Haha! I remember this place very well! I was in there one night just looking around, then the police turned up with bloody dogs so we couldnt even hide!

Got taken outside and searched just incase we had been stealing lead lol!

Got a good telling off and reported for it, but thankfully we didnt get done and no further action taken.

I gather u been quite bored lol!! All these pics of Maidenhead! I do miss the place realy


----------



## mookster (Jul 28, 2011)

Was nice and relaxed when I was here, even climbing out the site right in the path of people walking down the road nobody batted an eyelid!


----------



## nelly (Jul 29, 2011)

Great Mooks

Especially picture 9, a college to teach women to iron!!! Brilliant!!!!

Has a feeling that Foxy or Kathy will be ripping me a new pair shortly!!!


----------



## mookster (Jul 29, 2011)

nelly said:


> Great Mooks
> 
> Especially picture 9, a college to teach women to iron!!! Brilliant!!!!
> 
> Has a feeling that Foxy or Kathy will be ripping me a new pair shortly!!!

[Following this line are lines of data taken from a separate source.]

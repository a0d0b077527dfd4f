//! `records_import`: records with their batches, and with their errors.

use csv::ByteRecord;
use dmap_tags::Bytes;
use item_model::Batch;
use records_import::{
    MOST_RECORDS, RecordError, cell, read_batch, read_number, rows_of, write_batch, write_rows,
};
use std::alloc::{AllocError, Global};
use std::process::Abort;
use std::test::Fail;

/// What the default form handles: a byte order mark, three ends of line, a blank line, quotes, and a last row without
/// an end.
const MARKED: &[u8] = b"\xEF\xBB\xBFop,kind\r\n\r\nput,\"a,\"\"b\"\"\"\rx\n,";

/// Cells of these rows, by row and column, and the bytes.
const CELLS: [(usize, usize, &[u8]); 4] = [
    (0, 0, b"op"),
    (0, 1, b"kind"),
    (1, 1, b"a,\"b\""),
    (2, 1, b""),
];

fn cell_at(rows: &[ByteRecord], row: usize, column: usize) -> Option<&[u8]> {
    Some(cell(rows.get(row)?, column))
}

fn have_cells(rt: &impl Abort, rows: &[ByteRecord], cells: &[(usize, usize, &[u8])]) {
    for (row, column, bytes) in cells {
        assert_eq!(rt; cell_at(rows, *row, *column), Some(*bytes));
    }
}

#[test]
fn rows_are_cut_as_csv_does(rt: HostRuntime) -> Result<(), Fail> {
    let rows = rows_of(rt.alloc(), MARKED, 10)?;
    assert_eq!(rt; rows.len(), 4);
    have_cells(&rt, rows.as_slice(), &CELLS);
    Ok(())
}

/// Cells with their numbers.
const NUMBERS: [(&[u8], Option<u128>); 5] = [
    (b"007", Some(7)),
    (b"99999999999999999999", Some(99_999_999_999_999_999_999)),
    (b"", None),
    (b"000000000000000000001", None),
    (b"19x", None),
];

fn are_numbers(rt: &impl Abort, cases: &[(&[u8], Option<u128>)]) {
    for (cell, number) in cases {
        assert_eq!(rt; read_number(*cell, 20), *number);
    }
}

#[test]
fn numbers_are_one_to_twenty_digits(rt: HostRuntime) {
    are_numbers(&rt, &NUMBERS);
}

#[test]
fn rows_are_written_a_line_each(rt: HostRuntime) -> Result<(), Fail> {
    let text = b"op,kind,id\nput,\"a,\"\"b\",7,\n".as_slice();
    let rows = rows_of(rt.alloc(), text, 2)?;
    assert_eq!(rt; write_rows(rt.alloc(), rows.as_slice())?.as_slice(), text);
    Ok(())
}

const HEADER: &str = "op,kind,id,dmap.itemname,daap.songyear,query,list,item\n";

fn below(alloc: Global, header: &str, records: &str) -> Result<String, AllocError> {
    let mut text = String::from_str(alloc, header)?;
    text.push_str(records)?;
    Ok(text)
}

/// Returns the batch of a text, or its error. It has no clauses, so that a test's proof unfolds no batch.
fn batch_of(alloc: Global, text: &[u8]) -> Result<Batch, RecordError> {
    read_batch(alloc, text)
}

/// Returns the error of a text, as it is shown.
fn refusal(alloc: Global, text: &[u8]) -> Result<String, AllocError> {
    let error = batch_of(alloc, text).err();
    format!(in alloc; "{error:?}")
}

#[test]
fn a_batch_ends_at_65536_records(rt: HostRuntime) -> Result<(), Fail> {
    let mut text = Vec::from_slice(rt.alloc(), b"op,kind,id\n")?;
    for _ in 0..MOST_RECORDS {
        text.extend_from_slice(b"drop,item,1\n")?;
    }
    text.extend_from_slice(b"x\n")?;
    assert_eq!(rt;
        refusal(rt.alloc(), text.as_slice())?.as_str(),
        "Some(TooMany { row: 65537 })"
    );
    Ok(())
}

/// The header of written records.
const WRITTEN_HEADER: &str =
    "op,kind,id,dmap.itemname,dmap.itemkind,dmap.persistentid,daap.songartist,daap.songalbum,daap.songalbumartist,daap.songgenre,daap.songcomposer,daap.songcomment,daap.songgrouping,daap.songformat,daap.songyear,daap.songtracknumber,daap.songtrackcount,daap.songdiscnumber,daap.songdisccount,daap.songbitrate,daap.songbeatsperminute,daap.songtime,daap.songsamplerate,daap.songsize,daap.songuserrating,daap.songcompilation,com.apple.itunes.mediakind,daap.songdateadded,daap.songdatemodified,query,list,item\n";

/// Returns the text that is written for the batch of a text.
fn rewritten(alloc: Global, text: &[u8]) -> Result<Bytes, Fail> {
    let batch = read_batch(alloc, text)?;
    Ok(write_batch(alloc, &batch)?)
}

/// Records below the short header, and their written text.
const WRITTEN_RECORDS: [(&str, &str); 9] = [
    (
        "put,item,7,A,,,,\n",
        "put,item,7,A,,,,,,,,,,,,,,,,,,,,,,,,,,,,\n",
    ),
    (
        "put,item,4294967295,,0,,,\n",
        "put,item,4294967295,,,,,,,,,,,,0,,,,,,,,,,,,,,,,,\n",
    ),
    (
        "put,item,007,,0065535,,,\n",
        "put,item,7,,,,,,,,,,,,65535,,,,,,,,,,,,,,,,,\n",
    ),
    (
        "drop,item,2,,,,,\n",
        "drop,item,2,,,,,,,,,,,,,,,,,,,,,,,,,,,,,\n",
    ),
    (
        "put,list,3,\"a,\"\"b\"\"\nc\",,,,\n",
        "put,list,3,\"a,\"\"b\"\"\nc\",,,,,,,,,,,,,,,,,,,,,,,,,,,,\n",
    ),
    (
        "put,rule,4,C,, ( 'a:1' ++'b!:2*' ) ,,\n",
        "put,rule,4,C,,,,,,,,,,,,,,,,,,,,,,,,,,'a:1' 'b!:2*',,\n",
    ),
    (
        "drop,list,5,,,,,\n",
        "drop,list,5,,,,,,,,,,,,,,,,,,,,,,,,,,,,,\n",
    ),
    (
        "put,member,6,,,,7,8\n",
        "put,member,6,,,,,,,,,,,,,,,,,,,,,,,,,,,,7,8\n",
    ),
    (
        "drop,member,9,,,,10,\n",
        "drop,member,9,,,,,,,,,,,,,,,,,,,,,,,,,,,,10,\n",
    ),
];

/// Checks that a text is written as `want`, and `want` as itself.
fn is_written(rt: &impl Abort, alloc: Global, text: &str, want: &str) -> Result<(), Fail> {
    let got = rewritten(alloc, text.as_bytes())?;
    assert!(rt; got.as_slice() == want.as_bytes(), "{text}");
    let again = rewritten(alloc, got.as_slice())?;
    assert!(rt; again.as_slice() == want.as_bytes(), "{text}");
    Ok(())
}

fn are_written(rt: &impl Abort, alloc: Global, cases: &[(&str, &str)]) -> Result<(), Fail> {
    for (record, written) in cases {
        let text = below(alloc, HEADER, *record)?;
        let want = below(alloc, WRITTEN_HEADER, *written)?;
        is_written(rt, alloc, text.as_str(), want.as_str())?;
    }
    Ok(())
}

#[test]
fn each_edit_is_written_by_its_line(rt: HostRuntime) -> Result<(), Fail> {
    are_written(&rt, rt.alloc(), &WRITTEN_RECORDS)
}

#[test]
fn a_header_is_above_all_edits(rt: HostRuntime) -> Result<(), Fail> {
    let text = rewritten(rt.alloc(), b"")?;
    assert!(rt; text.as_slice() == WRITTEN_HEADER.as_bytes());
    Ok(())
}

That was where you could get a degree in this!


----------



## inceptionwave (Jul 29, 2011)

Great report, loved the last photo! Shame that the chavs are getting to it!


----------



## waley_bean (Jul 29, 2011)

Looks a lot like my old uni, must be a similar build date.


----------



## Foxylady (Aug 4, 2011)

nelly said:


> Has a feeling that Foxy or Kathy will be ripping me a new pair shortly!!!


Yeah, and don't expect us to sew 'em back on either! 
I don't iron...end of!


----------



## Priority 7 (Aug 4, 2011)

Ahh a degree in soft furnishings, the amount of time I spend sitting down I should have mine by now  Nice work Mookster


----------



## nelly (Aug 4, 2011)

Foxylady said:


> I don't iron...end of!



Silly me! I'd forgotten that everyone in the West Country wears sack cloth and nobody has electricity anyway.


----------



## Soraya (Jan 8, 2023)

I did my A levels here in the 1980s. Don't remember the irons although vaguely remember sewing classes on the top floor. I believe the room with the blue floor was the library. Lots of forgettable moments spent here.


----------



## Hayman (Monday at 2:13 PM)

Foxylady said:


> Yeah, and don't expect us to sew 'em back on either!
> I don't iron...end of!


I learned to iron in the army - self taught. Using brown paper dampened with water from a shaving brush to put the trouser-leg creases in my battledress, and get rid of unwanted creases.


----------



## Foxylady (Monday at 5:52 PM)

Hayman said:


> I learned to iron in the army - self taught. Using brown paper dampened with water from a shaving brush to put the trouser-leg creases in my battledress, and get rid of unwanted creases.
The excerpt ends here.